─── EXTRACTED RECORDS ───

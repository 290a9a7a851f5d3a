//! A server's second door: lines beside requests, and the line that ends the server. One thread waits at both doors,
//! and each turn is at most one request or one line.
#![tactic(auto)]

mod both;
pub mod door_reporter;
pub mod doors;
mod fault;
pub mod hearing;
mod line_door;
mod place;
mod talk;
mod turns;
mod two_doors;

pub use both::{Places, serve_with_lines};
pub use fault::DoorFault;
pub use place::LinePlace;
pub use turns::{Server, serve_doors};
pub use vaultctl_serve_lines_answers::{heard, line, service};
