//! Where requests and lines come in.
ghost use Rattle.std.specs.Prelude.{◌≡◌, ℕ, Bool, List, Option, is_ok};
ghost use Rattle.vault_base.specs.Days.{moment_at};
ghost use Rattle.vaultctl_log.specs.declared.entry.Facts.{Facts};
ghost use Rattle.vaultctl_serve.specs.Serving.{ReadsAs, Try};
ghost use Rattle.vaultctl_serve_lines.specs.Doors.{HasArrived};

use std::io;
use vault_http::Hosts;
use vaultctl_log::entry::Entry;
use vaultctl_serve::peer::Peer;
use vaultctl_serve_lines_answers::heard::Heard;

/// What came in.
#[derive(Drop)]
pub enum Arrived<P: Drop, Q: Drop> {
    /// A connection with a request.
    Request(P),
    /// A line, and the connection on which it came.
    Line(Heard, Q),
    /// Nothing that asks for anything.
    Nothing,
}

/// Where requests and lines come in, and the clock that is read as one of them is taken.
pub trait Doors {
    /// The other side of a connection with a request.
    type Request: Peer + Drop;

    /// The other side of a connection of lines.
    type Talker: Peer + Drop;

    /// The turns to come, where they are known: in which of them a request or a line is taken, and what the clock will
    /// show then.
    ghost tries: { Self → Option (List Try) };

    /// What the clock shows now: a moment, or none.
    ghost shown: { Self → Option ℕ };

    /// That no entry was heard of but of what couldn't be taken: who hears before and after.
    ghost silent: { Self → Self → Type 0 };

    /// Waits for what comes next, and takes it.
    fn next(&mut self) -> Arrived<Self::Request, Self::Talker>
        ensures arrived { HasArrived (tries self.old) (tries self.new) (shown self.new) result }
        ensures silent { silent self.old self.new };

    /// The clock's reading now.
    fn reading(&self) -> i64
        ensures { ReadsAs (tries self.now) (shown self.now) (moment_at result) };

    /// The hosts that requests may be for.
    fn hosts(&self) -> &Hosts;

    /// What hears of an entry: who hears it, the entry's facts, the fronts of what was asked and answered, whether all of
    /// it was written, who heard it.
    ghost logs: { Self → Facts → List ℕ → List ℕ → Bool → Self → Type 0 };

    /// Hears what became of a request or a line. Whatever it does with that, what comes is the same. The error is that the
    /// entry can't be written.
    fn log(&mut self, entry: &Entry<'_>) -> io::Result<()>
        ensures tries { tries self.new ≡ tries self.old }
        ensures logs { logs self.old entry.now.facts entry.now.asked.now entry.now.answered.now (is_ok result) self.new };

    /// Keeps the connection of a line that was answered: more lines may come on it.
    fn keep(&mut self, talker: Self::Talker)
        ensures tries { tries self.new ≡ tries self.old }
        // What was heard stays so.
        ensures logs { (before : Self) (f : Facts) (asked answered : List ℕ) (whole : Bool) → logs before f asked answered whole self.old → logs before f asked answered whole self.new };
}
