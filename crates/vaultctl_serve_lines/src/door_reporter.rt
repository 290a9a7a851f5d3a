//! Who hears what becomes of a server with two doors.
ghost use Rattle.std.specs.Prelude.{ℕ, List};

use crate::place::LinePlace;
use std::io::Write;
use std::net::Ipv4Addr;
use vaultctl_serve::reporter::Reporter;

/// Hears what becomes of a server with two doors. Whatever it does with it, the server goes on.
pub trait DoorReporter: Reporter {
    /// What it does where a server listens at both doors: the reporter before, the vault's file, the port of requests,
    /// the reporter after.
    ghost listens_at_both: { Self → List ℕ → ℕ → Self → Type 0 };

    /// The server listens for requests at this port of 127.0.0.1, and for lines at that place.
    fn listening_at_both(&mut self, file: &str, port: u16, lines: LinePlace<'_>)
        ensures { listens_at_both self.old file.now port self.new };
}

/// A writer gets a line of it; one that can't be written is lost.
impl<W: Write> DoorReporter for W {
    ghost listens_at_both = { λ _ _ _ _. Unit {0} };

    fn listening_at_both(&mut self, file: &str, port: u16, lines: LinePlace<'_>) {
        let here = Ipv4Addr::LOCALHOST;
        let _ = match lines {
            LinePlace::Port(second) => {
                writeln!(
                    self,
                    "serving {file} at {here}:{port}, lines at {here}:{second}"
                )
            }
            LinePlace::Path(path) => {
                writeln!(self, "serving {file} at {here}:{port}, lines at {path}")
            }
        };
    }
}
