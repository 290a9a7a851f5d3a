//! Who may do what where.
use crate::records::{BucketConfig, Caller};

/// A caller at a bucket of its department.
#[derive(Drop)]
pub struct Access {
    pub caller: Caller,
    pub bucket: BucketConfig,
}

───

Which lines of the listing contain the word "shown"? Copy each of them.

    ghost shown: { Self → Option ℕ };
        ensures arrived { HasArrived (tries self.old) (tries self.new) (shown self.new) result }
        ensures { ReadsAs (tries self.now) (shown self.now) (moment_at result) };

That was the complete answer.